• [Your goal]
With no additions or omissions, print the listing that follows.

• [Listed records]
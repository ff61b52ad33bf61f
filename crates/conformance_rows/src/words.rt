//! The words of a row.
use crate::RowError;
use crate::quotes::{Quotes, unquoted};
use std::alloc::Global;

// The text up to the first space outside quotes, and what follows.
fn split_word<'a>(text: &'a str) -> (&'a str, &'a str) {
    let mut quotes = Quotes::new();
    for (at, c) in text.char_indices() {
        quotes.pass(c);
        if c == ' ' && !quotes.inside {
            return text.split_at_checked(at).unwrap_or((text, ""));
        }
    }
    (text, "")
}

// The text that a word says, which is a JSON string where it begins with a quote.
fn text_of(alloc: Global, word: &str) -> Result<String, RowError> {
    if word.starts_with('"') {
        unquoted(alloc, word)
    } else {
        Ok(String::from_str(alloc, word)?)
    }
}

/// The words of a row that are not read yet.
#[derive(Clone, Copy)]
pub struct Words<'a> {
    rest: &'a str,
}

impl<'a> Words<'a> {
    /// The words of a text.
    pub fn new(text: &'a str) -> Words<'a> {
        Words { rest: text.trim() }
    }

    /// Whether no word is left.
    pub fn is_empty(&self) -> bool {
        self.rest.is_empty()
    }

    /// The next word as it is written; empty where none is left.
    pub fn next_written(&mut self) -> &'a str {
        let (word, rest) = split_word(self.rest);
        self.rest = rest.trim();
        word
    }

    /// The text of the next word, which must be there. A word that begins with a quote is a JSON string.
    pub fn next(&mut self, alloc: Global) -> Result<String, RowError> {
        if self.is_empty() {
            return Err(RowError::new("a word is missing"));
        }
        text_of(alloc, self.next_written())
    }

    /// The bytes that the next word spells.
    pub fn next_bytes(&mut self, alloc: Global) -> Result<Vec<u8>, RowError> {
        let word = self.next(alloc)?;
        bytes(alloc, word.as_str())
    }

    /// All that is left, as it is written.
    pub fn rest(&self) -> &'a str {
        self.rest
    }

    /// The text that all that is left says: as it is written, or where it begins with a quote what the JSON string spells.
    pub fn rest_text(&self, alloc: Global) -> Result<String, RowError> {
        text_of(alloc, self.rest)
    }

    /// Refuses words that are left.
    pub fn end(&self) -> Result<(), RowError> {
        if self.is_empty() {
            Ok(())
        } else {
            Err(RowError::new("there are too many words"))
        }
    }
}

/// The bytes that a word spells in hex; `-` spells none.
pub fn bytes(alloc: Global, word: &str) -> Result<Vec<u8>, RowError> {
    if word == "-" {
        return Ok(Vec::new(alloc));
    }
    Ok(hex::decode(alloc, word)?)
}

/// The word that spells these bytes in hex, `-` for none.
pub fn hex(alloc: Global, bytes: &[u8]) -> Result<String, RowError> {
    if bytes.is_empty() {
        return Ok(String::from_str(alloc, "-")?);
    }
    Ok(hex::encode(alloc, bytes)?)
}
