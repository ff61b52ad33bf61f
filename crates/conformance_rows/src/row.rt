//! A row of one line.
use crate::quotes::Quotes;

/// A row: `TOPIC WORDS.. = ANSWER`, or `TOPIC WORDS.. ! FAULT`.
#[derive(Clone, Copy)]
pub struct Row<'a> {
    /// The first word.
    pub topic: &'a str,
    /// What stands between the topic and the separator.
    pub words: &'a str,
    /// The answer with the separator, `= ANSWER` or `! FAULT`.
    pub wanted: &'a str,
}

impl<'a> Row<'a> {
    /// The row of a line; none without the first ` = ` or ` ! ` outside quotes.
    pub fn parse(line: &'a str) -> Option<Row<'a>> {
        let (question, wanted) = Row::split(line)?;
        let (topic, words) = question.split_once(' ').unwrap_or((question, ""));
        Some(Row {
            topic,
            words,
            wanted,
        })
    }

    /// The question of a line and the answer with the separator.
    pub fn split(line: &'a str) -> Option<(&'a str, &'a str)> {
        let mut quotes = Quotes::new();
        for (at, c) in line.char_indices() {
            quotes.pass(c);
            if c == ' ' && !quotes.inside {
                let (question, answer) = line.split_at_checked(at)?;
                if answer.starts_with(" = ") || answer.starts_with(" ! ") {
                    return Some((question.trim(), answer.trim()));
                }
            }
        }
        None
    }
}
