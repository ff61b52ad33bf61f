//! The roots of empty subtrees.

ghost use Rattle.std.specs.Prelude.{◌≡◌, IfOk};
ghost use Rattle.sha2.specs.Sha256.{sha256};
ghost use Rattle.warg_merkle.specs.SparseTree.Nodes.{empty_roots};

use crate::node_hash;
use sha2::{Digest, Sha256};
use std::alloc::{AllocError, Global};

// The roots of empty subtrees of each height up to 256.
pub(crate) fn empty_roots(alloc: Global) -> Result<Vec<[u8; 32]>, AllocError>
    ensures { IfOk result (λ roots. roots.items ≡ empty_roots sha256 257) }
{
    let mut roots = Vec::with_capacity(alloc, 257)?;
    let mut root = Sha256::digest(b"");
    let mut height = 0usize;
    while height < 257 {
        roots.push(root)?;
        root = node_hash(&root, &root);
        height += 1;
    }
    Ok(roots)
}
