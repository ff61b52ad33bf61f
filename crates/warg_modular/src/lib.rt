//! Arithmetic of numbers below 2 ^ 256, in four words of 64 bits, and modulo an odd one of them.
//!
//! A number `a` modulo `p` is kept in Montgomery's form, as `a * 2 ^ 256` modulo `p`. A product in
//! that form is a product divided by 2 ^ 256, which needs no division by `p`. Nothing takes memory.
#![tactic(auto)]

pub mod montgomery;
pub mod words;
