//! What became of rows.
use crate::RowError;
use std::alloc::Global;

/// A row that was answered otherwise than it says.
#[derive(Debug, Drop)]
pub struct FailedRow {
    /// Its line in the file, counted from 1.
    pub line: usize,
    /// What was asked.
    pub question: String,
    /// What it says.
    pub wanted: String,
    /// What was answered.
    pub seen: String,
}

/// How many rows were played, and those that failed.
#[derive(Debug, Drop)]
pub struct Report {
    /// The number of rows.
    pub rows: usize,
    /// The rows that were answered otherwise, or could not be played.
    pub failures: Vec<FailedRow>,
    /// Whether a row could not be read.
    pub has_unreadable: bool,
}

impl Report {
    /// No row is played yet.
    pub fn new(alloc: Global) -> Report {
        Report {
            rows: 0,
            failures: Vec::new(alloc),
            has_unreadable: false,
        }
    }

    /// Counts a row, which fails where what was seen is not what was wanted.
    pub fn count(
        &mut self,
        alloc: Global,
        line: usize,
        question: &str,
        wanted: &str,
        seen: &str,
    ) -> Result<(), RowError> {
        self.rows = self.rows.saturating_add(1);
        if wanted != seen {
            self.failures.push(FailedRow {
                line,
                question: String::from_str(alloc, question)?,
                wanted: String::from_str(alloc, wanted)?,
                seen: String::from_str(alloc, seen)?,
            })?;
        }
        Ok(())
    }

    /// Counts a row that can't be read, for this reason.
    pub fn refuse(
        &mut self,
        alloc: Global,
        line: usize,
        question: &str,
        reason: &str,
    ) -> Result<(), RowError> {
        self.has_unreadable = true;
        self.count(alloc, line, question, "a row that can be read", reason)
    }
}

• [The answer]
repository ff61b52ad33bf61f
filename crates/conformance_rows/src/words.rt
//! The words of a row.
use crate::RowError;
use crate::quotes::{Quotes, unquoted};
use std::alloc::Global;

// The text up to the first space outside quotes, and what follows.
fn split_word<'a>(text: &'a str) -> (&'a str, &'a str) {
    let mut quotes = Quotes::new();
    for (at, c) in text.char_indices() {
        quotes.pass(c);
        if c == ' ' && !quotes.inside {
            return text.split_at_checked(at).unwrap_or((text, ""));
        }
    }
    (text, "")
}

// The text that a word says, which is a JSON string where it begins with a quote.
fn text_of(alloc: Global, word: &str) -> Result<String, RowError> {
    if word.starts_with('"') {
        unquoted(alloc, word)
    } else {
        Ok(String::from_str(alloc, word)?)
    }
}

/// The words of a row that are not read yet.
#[derive(Clone, Copy)]
pub struct Words<'a> {
    rest: &'a str,
}

impl<'a> Words<'a> {
    /// The words of a text.
    pub fn new(text: &'a str) -> Words<'a> {
        Words { rest: text.trim() }
    }

    /// Whether no word is left.
    pub fn is_empty(&self) -> bool {
        self.rest.is_empty()
    }

    /// The next word as it is written; empty where none is left.
    pub fn next_written(&mut self) -> &'a str {
        let (word, rest) = split_word(self.rest);
        self.rest = rest.trim();
        word
    }

    /// The text of the next word, which must be there. A word that begins with a quote is a JSON string.
    pub fn next(&mut self, alloc: Global) -> Result<String, RowError> {
        if self.is_empty() {
            return Err(RowError::new("a word is missing"));
        }
        text_of(alloc, self.next_written())
    }

    /// The bytes that the next word spells.
    pub fn next_bytes(&mut self, alloc: Global) -> Result<Vec<u8>, RowError> {
        let word = self.next(alloc)?;
        bytes(alloc, word.as_str())
    }

    /// All that is left, as it is written.
    pub fn rest(&self) -> &'a str {
        self.rest
    }

    /// The text that all that is left says: as it is written, or where it begins with a quote what the JSON string spells.
    pub fn rest_text(&self, alloc: Global) -> Result<String, RowError> {
        text_of(alloc, self.rest)
    }

    /// Refuses words that are left.
    pub fn end(&self) -> Result<(), RowError> {
        if self.is_empty() {
            Ok(())
        } else {
            Err(RowError::new("there are too many words"))
        }
    }
}

/// The bytes that a word spells in hex; `-` spells none.
pub fn bytes(alloc: Global, word: &str) -> Result<Vec<u8>, RowError> {
    if word == "-" {
        return Ok(Vec::new(alloc));
    }
    Ok(hex::decode(alloc, word)?)
}

/// The word that spells these bytes in hex, `-` for none.
pub fn hex(alloc: Global, bytes: &[u8]) -> Result<String, RowError> {
    if bytes.is_empty() {
        return Ok(String::from_str(alloc, "-")?);
    }
    Ok(hex::encode(alloc, bytes)?)
}
repository ff61b52ad33bf61f
filename crates/conformance_rows/src/row.rt
//! A row of one line.
use crate::quotes::Quotes;

/// A row: `TOPIC WORDS.. = ANSWER`, or `TOPIC WORDS.. ! FAULT`.
#[derive(Clone, Copy)]
pub struct Row<'a> {
    /// The first word.
    pub topic: &'a str,
    /// What stands between the topic and the separator.
    pub words: &'a str,
    /// The answer with the separator, `= ANSWER` or `! FAULT`.
    pub wanted: &'a str,
}

impl<'a> Row<'a> {
    /// The row of a line; none without the first ` = ` or ` ! ` outside quotes.
    pub fn parse(line: &'a str) -> Option<Row<'a>> {
        let (question, wanted) = Row::split(line)?;
        let (topic, words) = question.split_once(' ').unwrap_or((question, ""));
        Some(Row {
            topic,
            words,
            wanted,
        })
    }

    /// The question of a line and the answer with the separator.
    pub fn split(line: &'a str) -> Option<(&'a str, &'a str)> {
        let mut quotes = Quotes::new();
        for (at, c) in line.char_indices() {
            quotes.pass(c);
            if c == ' ' && !quotes.inside {
                let (question, answer) = line.split_at_checked(at)?;
                if answer.starts_with(" = ") || answer.starts_with(" ! ") {
                    return Some((question.trim(), answer.trim()));
                }
            }
        }
        None
    }
}
repository ff61b52ad33bf61f
//! The roots of empty subtrees.

ghost use Rattle.std.specs.Prelude.{◌≡◌, IfOk};
ghost use Rattle.sha2.specs.Sha256.{sha256};
ghost use Rattle.warg_merkle.specs.SparseTree.Nodes.{empty_roots};

use crate::node_hash;
use sha2::{Digest, Sha256};
use std::alloc::{AllocError, Global};

// The roots of empty subtrees of each height up to 256.
pub(crate) fn empty_roots(alloc: Global) -> Result<Vec<[u8; 32]>, AllocError>
    ensures { IfOk result (λ roots. roots.items ≡ empty_roots sha256 257) }
{
    let mut roots = Vec::with_capacity(alloc, 257)?;
    let mut root = Sha256::digest(b"");
    let mut height = 0usize;
    while height < 257 {
        roots.push(root)?;
        root = node_hash(&root, &root);
        height += 1;
    }
    Ok(roots)
}
repository ff61b52ad33bf61f
filename crates/warg_modular/src/lib.rt
//! Arithmetic of numbers below 2 ^ 256, in four words of 64 bits, and modulo an odd one of them.
//!
//! A number `a` modulo `p` is kept in Montgomery's form, as `a * 2 ^ 256` modulo `p`. A product in
//! that form is a product divided by 2 ^ 256, which needs no division by `p`. Nothing takes memory.
#![tactic(auto)]

pub mod montgomery;
pub mod words;
//! What became of rows.
use crate::RowError;
use std::alloc::Global;

/// A row that was answered otherwise than it says.
#[derive(Debug, Drop)]
pub struct FailedRow {
    /// Its line in the file, counted from 1.
    pub line: usize,
    /// What was asked.
    pub question: String,
    /// What it says.
    pub wanted: String,
    /// What was answered.
    pub seen: String,
}

/// How many rows were played, and those that failed.
#[derive(Debug, Drop)]
pub struct Report {
    /// The number of rows.
    pub rows: usize,
    /// The rows that were answered otherwise, or could not be played.
    pub failures: Vec<FailedRow>,
    /// Whether a row could not be read.
    pub has_unreadable: bool,
}

impl Report {
    /// No row is played yet.
    pub fn new(alloc: Global) -> Report {
        Report {
            rows: 0,
            failures: Vec::new(alloc),
            has_unreadable: false,
        }
    }

    /// Counts a row, which fails where what was seen is not what was wanted.
    pub fn count(
        &mut self,
        alloc: Global,
        line: usize,
        question: &str,
        wanted: &str,
        seen: &str,
    ) -> Result<(), RowError> {
        self.rows = self.rows.saturating_add(1);
        if wanted != seen {
            self.failures.push(FailedRow {
                line,
                question: String::from_str(alloc, question)?,
                wanted: String::from_str(alloc, wanted)?,
                seen: String::from_str(alloc, seen)?,
            })?;
        }
        Ok(())
    }

    /// Counts a row that can't be read, for this reason.
    pub fn refuse(
        &mut self,
        alloc: Global,
        line: usize,
        question: &str,
        reason: &str,
    ) -> Result<(), RowError> {
        self.has_unreadable = true;
        self.count(alloc, line, question, "a row that can be read", reason)
    }
}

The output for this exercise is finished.